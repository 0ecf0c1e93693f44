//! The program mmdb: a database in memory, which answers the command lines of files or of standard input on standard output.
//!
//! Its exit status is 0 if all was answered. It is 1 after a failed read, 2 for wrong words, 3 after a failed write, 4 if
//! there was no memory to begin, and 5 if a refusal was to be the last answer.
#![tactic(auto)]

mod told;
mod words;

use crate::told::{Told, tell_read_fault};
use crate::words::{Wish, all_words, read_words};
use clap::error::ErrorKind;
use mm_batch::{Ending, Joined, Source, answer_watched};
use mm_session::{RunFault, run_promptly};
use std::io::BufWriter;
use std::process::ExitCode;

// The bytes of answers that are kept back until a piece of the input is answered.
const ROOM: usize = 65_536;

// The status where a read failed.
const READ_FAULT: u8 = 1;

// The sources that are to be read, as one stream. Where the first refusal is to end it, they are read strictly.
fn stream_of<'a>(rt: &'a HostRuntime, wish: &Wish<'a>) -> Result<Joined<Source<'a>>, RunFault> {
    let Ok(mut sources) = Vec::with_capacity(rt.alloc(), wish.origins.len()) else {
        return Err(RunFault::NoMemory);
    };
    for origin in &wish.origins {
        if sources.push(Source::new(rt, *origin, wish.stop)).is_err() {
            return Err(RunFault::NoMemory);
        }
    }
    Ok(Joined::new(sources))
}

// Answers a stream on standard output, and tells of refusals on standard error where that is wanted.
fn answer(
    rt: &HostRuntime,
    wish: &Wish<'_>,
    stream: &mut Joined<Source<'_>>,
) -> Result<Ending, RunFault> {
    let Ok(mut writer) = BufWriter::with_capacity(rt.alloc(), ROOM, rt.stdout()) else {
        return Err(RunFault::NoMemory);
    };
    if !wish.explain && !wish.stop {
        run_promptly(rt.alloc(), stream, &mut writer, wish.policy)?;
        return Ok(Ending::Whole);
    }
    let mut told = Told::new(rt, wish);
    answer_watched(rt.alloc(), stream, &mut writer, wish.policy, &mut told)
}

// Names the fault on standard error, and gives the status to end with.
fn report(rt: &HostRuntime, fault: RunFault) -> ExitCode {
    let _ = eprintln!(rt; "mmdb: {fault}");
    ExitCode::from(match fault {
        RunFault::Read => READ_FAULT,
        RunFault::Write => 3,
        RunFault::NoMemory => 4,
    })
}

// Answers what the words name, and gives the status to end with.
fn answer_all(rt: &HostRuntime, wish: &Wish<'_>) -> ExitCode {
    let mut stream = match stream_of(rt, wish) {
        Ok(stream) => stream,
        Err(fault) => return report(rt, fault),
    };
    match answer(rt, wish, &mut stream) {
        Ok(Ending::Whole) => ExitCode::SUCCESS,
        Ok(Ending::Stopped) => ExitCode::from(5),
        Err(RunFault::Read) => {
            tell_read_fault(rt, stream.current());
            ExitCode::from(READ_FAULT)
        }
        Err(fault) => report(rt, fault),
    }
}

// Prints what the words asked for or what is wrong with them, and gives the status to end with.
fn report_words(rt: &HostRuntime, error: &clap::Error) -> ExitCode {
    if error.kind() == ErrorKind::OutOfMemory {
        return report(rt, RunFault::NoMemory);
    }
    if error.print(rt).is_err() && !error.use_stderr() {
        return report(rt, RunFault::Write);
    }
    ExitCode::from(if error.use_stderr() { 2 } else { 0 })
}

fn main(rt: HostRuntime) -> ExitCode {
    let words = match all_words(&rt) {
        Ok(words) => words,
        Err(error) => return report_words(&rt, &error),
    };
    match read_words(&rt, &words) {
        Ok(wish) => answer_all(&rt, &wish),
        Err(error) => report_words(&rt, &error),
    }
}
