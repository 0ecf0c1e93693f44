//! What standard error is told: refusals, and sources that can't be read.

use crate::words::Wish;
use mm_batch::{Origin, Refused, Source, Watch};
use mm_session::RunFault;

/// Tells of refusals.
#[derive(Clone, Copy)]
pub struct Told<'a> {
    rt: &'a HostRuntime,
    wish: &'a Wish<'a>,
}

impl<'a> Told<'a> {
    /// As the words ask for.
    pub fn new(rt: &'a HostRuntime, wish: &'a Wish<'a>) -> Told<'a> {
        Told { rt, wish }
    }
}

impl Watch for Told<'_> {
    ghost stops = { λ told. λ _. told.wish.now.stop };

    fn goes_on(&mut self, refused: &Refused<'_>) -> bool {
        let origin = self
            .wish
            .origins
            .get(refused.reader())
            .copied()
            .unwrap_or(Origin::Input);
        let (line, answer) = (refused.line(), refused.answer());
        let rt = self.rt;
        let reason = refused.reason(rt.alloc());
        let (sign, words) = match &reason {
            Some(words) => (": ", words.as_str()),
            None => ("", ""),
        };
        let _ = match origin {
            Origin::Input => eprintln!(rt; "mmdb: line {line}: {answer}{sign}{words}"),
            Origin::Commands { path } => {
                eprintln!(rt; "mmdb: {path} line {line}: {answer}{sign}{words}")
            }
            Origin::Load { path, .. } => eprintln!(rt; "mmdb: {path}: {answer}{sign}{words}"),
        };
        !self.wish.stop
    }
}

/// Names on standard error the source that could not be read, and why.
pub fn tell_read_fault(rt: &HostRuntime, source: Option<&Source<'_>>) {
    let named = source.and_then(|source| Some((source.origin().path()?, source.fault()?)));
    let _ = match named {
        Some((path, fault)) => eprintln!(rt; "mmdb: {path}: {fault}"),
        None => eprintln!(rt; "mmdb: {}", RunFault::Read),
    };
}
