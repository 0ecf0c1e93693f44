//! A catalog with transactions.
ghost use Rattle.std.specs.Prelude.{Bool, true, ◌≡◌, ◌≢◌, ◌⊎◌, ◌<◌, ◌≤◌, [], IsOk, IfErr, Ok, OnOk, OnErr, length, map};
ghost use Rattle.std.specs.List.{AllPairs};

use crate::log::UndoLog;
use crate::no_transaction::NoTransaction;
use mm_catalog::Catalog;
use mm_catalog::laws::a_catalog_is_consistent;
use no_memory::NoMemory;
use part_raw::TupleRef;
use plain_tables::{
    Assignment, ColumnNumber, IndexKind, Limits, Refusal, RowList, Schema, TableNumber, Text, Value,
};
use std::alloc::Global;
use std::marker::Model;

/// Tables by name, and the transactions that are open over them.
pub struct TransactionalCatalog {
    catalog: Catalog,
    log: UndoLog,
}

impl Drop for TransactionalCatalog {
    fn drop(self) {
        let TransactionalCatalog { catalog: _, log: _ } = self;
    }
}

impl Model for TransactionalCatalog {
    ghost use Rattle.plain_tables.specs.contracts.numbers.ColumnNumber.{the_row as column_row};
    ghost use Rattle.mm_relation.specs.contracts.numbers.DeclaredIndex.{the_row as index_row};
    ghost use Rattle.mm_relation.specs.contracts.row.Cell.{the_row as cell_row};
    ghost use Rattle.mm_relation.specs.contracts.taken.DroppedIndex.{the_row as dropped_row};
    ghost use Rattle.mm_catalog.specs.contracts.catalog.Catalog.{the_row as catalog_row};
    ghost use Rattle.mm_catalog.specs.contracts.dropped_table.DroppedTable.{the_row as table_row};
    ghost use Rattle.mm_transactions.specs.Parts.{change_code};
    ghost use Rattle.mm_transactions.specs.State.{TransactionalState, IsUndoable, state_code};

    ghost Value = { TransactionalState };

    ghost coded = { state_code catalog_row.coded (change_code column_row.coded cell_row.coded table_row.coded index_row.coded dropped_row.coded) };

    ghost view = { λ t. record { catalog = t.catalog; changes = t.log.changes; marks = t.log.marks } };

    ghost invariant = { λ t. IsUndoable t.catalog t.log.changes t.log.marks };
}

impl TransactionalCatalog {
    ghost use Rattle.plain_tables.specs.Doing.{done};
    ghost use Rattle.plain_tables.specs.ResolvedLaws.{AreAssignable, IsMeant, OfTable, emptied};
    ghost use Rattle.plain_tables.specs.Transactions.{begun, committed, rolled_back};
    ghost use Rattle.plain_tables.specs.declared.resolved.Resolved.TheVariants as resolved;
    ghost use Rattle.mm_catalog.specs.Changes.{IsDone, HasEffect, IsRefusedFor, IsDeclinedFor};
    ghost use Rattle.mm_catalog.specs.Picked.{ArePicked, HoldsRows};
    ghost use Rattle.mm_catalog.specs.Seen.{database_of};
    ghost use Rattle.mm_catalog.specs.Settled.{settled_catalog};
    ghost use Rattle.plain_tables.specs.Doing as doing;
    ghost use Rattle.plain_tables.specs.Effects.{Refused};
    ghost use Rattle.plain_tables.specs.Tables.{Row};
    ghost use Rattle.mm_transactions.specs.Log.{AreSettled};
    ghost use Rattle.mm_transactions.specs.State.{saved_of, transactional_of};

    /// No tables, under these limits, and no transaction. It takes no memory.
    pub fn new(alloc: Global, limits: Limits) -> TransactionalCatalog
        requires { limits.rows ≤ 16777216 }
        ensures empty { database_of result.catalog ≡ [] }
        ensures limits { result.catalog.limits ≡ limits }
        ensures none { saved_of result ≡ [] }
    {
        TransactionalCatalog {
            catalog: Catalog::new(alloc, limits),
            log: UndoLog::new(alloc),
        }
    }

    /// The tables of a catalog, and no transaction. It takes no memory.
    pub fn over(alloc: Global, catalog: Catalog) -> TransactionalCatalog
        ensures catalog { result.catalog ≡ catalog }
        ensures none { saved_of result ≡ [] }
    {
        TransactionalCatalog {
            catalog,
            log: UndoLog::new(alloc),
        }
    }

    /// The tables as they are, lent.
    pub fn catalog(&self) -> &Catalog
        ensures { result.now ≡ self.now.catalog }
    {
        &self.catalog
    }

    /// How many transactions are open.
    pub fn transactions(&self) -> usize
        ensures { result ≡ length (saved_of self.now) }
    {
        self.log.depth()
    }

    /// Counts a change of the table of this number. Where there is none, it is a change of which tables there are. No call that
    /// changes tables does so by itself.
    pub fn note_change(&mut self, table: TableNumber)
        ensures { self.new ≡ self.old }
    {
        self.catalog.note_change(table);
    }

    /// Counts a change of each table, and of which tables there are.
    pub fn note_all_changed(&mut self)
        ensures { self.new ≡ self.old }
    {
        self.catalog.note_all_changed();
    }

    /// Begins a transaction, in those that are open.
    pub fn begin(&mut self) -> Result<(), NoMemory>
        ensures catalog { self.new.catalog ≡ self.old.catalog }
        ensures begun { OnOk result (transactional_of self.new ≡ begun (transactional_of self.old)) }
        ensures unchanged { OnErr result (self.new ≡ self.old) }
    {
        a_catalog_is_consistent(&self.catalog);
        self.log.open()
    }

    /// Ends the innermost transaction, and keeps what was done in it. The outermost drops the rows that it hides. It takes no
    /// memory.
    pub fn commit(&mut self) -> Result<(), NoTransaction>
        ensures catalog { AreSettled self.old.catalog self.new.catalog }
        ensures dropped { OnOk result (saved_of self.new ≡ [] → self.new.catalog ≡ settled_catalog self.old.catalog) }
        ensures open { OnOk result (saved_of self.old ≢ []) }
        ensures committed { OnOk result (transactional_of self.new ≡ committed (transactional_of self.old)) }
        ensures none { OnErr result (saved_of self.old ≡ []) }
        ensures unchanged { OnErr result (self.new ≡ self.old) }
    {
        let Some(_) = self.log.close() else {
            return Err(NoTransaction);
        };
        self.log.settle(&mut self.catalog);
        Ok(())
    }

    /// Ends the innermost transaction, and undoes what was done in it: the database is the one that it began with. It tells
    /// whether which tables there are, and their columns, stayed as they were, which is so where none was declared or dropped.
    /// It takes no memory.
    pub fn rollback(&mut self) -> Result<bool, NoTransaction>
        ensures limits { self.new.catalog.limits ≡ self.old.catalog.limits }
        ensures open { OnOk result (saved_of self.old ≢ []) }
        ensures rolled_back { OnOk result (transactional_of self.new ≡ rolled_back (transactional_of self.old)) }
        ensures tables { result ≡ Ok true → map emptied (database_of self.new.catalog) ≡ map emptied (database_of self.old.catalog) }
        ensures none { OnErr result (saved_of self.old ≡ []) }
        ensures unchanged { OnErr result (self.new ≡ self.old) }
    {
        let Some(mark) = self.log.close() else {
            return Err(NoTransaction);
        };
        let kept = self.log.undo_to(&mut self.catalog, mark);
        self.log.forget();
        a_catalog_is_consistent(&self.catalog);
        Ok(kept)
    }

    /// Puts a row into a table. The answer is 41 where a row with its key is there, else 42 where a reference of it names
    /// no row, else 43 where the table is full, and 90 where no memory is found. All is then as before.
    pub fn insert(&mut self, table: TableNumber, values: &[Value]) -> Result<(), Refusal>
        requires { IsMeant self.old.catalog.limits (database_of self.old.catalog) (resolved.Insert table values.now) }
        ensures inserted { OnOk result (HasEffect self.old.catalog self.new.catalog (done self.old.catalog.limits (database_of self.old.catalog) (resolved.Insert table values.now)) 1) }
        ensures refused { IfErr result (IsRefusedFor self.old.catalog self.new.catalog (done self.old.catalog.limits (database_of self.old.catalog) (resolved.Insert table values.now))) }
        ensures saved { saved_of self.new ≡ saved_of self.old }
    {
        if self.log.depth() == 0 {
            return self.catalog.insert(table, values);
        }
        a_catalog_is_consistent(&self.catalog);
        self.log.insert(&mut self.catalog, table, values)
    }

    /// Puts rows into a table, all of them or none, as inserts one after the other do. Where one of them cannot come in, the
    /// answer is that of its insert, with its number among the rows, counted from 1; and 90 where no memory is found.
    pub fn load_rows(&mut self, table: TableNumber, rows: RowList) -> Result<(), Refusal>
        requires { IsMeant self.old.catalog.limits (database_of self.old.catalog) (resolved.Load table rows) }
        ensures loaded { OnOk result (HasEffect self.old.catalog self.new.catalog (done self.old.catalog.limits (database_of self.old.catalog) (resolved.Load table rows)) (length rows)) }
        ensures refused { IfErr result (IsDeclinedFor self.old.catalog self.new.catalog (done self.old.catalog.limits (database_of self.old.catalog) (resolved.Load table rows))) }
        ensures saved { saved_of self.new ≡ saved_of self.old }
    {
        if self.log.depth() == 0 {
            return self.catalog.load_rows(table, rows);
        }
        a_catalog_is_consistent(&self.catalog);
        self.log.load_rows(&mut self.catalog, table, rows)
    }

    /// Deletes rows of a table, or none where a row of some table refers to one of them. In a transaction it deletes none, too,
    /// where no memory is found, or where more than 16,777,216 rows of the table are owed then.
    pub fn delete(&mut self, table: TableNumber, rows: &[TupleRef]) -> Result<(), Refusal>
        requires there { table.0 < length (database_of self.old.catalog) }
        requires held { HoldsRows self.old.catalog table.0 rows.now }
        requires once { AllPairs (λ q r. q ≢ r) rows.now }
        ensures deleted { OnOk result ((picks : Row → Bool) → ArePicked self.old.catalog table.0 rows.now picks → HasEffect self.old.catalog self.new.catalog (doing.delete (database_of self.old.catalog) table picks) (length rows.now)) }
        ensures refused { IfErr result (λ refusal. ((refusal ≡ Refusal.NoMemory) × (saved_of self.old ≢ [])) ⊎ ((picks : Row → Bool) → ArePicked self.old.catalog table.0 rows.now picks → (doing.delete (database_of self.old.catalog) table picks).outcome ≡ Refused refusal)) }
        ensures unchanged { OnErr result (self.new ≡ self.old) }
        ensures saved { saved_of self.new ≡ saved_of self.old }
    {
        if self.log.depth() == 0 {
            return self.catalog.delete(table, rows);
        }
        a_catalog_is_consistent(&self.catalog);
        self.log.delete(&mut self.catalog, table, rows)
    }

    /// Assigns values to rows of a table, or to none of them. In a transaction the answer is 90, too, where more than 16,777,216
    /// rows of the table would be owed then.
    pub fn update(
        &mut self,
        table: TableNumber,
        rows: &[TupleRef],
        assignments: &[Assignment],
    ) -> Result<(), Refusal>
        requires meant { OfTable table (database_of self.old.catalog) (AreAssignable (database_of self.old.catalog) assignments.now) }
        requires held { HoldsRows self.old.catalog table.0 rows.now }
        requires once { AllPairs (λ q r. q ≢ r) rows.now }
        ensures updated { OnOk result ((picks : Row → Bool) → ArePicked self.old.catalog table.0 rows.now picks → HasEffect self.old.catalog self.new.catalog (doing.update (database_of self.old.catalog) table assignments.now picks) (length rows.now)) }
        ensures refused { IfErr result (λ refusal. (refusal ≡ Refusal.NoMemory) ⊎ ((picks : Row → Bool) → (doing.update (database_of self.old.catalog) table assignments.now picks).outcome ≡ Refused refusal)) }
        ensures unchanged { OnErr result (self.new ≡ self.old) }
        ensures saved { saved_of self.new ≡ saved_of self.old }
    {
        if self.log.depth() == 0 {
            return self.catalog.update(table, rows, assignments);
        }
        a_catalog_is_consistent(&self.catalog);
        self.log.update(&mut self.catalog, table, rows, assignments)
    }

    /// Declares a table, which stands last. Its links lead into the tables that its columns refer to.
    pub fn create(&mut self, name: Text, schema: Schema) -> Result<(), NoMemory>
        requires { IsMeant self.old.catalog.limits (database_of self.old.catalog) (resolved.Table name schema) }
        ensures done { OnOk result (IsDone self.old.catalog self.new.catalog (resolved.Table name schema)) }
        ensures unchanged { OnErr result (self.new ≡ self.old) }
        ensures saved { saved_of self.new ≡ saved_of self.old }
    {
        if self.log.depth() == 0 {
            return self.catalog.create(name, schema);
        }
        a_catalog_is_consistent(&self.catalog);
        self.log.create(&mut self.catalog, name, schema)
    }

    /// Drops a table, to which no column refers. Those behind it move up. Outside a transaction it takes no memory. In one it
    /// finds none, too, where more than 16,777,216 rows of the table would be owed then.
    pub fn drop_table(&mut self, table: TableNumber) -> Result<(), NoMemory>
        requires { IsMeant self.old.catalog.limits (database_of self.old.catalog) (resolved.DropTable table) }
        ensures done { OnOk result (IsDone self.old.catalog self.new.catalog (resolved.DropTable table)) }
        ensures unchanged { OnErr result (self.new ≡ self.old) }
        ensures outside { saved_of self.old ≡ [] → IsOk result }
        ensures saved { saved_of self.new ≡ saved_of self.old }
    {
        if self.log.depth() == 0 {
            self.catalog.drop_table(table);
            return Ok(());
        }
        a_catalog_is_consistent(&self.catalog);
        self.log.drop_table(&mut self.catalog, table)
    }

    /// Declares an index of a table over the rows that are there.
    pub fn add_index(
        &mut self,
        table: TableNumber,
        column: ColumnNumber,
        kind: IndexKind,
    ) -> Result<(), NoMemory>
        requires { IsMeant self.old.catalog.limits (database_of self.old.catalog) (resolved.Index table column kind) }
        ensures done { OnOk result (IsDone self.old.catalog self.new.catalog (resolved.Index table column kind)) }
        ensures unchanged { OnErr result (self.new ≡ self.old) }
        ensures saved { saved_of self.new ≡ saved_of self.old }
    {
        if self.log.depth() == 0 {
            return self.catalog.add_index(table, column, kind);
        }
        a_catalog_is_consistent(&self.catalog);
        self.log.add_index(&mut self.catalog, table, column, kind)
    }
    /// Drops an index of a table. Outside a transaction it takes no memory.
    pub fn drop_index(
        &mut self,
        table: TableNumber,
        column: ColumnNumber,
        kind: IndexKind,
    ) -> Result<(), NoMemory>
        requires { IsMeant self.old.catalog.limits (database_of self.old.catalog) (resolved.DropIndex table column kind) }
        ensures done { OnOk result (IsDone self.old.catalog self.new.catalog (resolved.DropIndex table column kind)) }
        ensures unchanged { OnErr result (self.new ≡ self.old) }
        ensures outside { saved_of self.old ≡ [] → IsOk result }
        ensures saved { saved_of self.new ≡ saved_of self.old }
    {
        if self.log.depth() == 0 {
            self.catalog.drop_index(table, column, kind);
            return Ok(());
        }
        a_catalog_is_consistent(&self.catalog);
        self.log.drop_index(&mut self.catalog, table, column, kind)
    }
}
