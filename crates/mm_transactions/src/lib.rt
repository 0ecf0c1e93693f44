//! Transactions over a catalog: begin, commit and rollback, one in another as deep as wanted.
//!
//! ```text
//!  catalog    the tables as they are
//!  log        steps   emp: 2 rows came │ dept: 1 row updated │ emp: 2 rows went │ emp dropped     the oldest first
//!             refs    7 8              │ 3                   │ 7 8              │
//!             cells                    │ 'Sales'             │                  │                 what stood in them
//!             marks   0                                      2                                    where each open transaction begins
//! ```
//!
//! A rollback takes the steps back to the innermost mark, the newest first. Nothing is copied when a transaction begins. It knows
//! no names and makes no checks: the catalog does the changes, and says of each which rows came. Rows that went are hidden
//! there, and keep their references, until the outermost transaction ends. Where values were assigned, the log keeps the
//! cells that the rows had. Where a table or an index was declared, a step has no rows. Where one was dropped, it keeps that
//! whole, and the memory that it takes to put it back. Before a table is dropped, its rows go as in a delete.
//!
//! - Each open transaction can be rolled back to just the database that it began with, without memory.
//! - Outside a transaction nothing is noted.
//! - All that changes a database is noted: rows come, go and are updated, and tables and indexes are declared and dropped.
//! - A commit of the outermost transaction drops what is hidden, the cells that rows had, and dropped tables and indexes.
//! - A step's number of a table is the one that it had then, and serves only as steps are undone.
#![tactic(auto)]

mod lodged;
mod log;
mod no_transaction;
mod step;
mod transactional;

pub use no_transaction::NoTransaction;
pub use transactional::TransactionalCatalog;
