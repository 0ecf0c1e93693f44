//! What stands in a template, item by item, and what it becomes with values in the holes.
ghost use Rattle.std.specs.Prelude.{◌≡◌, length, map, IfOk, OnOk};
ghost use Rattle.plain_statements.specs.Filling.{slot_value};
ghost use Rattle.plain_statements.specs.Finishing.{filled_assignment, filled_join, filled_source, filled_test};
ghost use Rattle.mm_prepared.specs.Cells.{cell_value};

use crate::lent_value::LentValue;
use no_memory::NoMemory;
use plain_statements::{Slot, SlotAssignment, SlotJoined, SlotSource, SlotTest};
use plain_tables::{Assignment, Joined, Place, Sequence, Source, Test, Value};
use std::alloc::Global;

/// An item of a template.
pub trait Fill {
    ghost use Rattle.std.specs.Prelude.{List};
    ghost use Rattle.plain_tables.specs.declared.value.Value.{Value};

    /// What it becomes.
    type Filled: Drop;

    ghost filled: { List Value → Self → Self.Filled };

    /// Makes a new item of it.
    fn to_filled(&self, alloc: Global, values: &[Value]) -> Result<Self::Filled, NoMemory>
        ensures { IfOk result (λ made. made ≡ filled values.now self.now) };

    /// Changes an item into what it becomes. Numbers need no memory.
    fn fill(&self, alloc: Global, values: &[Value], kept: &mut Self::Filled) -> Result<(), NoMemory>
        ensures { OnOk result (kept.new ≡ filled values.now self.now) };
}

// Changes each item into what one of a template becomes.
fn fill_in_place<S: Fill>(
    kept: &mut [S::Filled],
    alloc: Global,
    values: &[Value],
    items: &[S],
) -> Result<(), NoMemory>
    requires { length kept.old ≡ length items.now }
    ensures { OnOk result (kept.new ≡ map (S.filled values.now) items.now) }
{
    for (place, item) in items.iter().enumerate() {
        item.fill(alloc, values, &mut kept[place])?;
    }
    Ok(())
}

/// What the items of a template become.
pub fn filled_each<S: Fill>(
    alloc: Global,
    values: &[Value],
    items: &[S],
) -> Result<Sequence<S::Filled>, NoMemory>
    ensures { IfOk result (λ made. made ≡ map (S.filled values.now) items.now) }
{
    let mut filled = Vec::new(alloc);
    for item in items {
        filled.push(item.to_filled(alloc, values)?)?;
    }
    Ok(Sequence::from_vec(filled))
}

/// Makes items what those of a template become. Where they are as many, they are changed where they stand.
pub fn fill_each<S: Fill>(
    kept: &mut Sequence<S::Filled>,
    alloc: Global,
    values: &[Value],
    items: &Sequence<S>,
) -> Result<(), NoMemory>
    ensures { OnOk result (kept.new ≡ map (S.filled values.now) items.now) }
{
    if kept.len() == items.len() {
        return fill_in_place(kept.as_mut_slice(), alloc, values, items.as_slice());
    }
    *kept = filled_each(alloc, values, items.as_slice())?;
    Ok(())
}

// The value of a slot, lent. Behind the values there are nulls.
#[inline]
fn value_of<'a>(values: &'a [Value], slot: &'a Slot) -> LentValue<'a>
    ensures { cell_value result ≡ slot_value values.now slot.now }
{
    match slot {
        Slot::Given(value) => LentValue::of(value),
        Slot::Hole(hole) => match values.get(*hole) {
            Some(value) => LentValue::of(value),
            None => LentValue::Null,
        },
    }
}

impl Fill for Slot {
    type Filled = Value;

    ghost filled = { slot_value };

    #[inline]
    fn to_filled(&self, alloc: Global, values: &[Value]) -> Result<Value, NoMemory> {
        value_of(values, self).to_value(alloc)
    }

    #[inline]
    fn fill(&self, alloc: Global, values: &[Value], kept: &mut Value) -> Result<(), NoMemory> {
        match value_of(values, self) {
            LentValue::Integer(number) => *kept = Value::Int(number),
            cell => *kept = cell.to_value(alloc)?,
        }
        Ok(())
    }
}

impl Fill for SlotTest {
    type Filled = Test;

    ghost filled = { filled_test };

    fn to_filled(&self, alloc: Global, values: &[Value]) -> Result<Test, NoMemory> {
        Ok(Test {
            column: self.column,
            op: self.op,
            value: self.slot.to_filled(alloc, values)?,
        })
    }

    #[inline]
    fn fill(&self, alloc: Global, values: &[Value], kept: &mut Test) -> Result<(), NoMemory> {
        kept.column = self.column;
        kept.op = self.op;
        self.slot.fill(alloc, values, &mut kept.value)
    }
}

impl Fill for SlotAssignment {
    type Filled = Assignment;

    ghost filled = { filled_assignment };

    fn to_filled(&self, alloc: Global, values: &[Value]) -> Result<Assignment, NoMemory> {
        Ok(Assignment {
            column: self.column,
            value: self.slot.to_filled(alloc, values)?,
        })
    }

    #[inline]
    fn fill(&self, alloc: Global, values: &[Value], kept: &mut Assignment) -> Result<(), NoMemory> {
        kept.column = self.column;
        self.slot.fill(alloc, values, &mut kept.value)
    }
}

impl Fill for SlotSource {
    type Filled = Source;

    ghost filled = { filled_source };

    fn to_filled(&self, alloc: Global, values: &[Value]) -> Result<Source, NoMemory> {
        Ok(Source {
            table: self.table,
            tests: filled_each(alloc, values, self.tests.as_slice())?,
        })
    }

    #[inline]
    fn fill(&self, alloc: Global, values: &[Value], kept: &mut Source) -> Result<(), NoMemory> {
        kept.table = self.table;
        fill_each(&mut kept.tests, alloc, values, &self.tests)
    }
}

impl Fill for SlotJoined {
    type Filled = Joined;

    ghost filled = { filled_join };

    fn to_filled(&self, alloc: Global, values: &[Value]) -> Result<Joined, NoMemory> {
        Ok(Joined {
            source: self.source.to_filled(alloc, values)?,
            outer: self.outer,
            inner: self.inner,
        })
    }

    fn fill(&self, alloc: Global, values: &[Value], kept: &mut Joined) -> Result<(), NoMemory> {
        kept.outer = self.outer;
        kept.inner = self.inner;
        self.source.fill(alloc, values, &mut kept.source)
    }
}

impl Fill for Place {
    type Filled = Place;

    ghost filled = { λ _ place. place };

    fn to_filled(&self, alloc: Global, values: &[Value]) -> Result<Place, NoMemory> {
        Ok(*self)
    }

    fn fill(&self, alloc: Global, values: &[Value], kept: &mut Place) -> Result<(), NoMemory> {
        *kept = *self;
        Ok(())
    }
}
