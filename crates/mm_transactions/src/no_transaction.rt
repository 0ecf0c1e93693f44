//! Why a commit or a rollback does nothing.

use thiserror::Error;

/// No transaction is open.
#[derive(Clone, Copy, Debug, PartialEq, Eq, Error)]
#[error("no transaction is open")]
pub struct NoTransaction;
• • •
▶ **REQUIRED WORK**
Consider the entries above and return each line with the string "path".

▶ **TASK OUTPUT**
            Origin::Commands { path } => {
                eprintln!(rt; "mmdb: {path} line {line}: {answer}{sign}{words}")
            Origin::Load { path, .. } => eprintln!(rt; "mmdb: {path}: {answer}{sign}{words}"),
    let named = source.and_then(|source| Some((source.origin().path()?, source.fault()?)));
        Some((path, fault)) => eprintln!(rt; "mmdb: {path}: {fault}"),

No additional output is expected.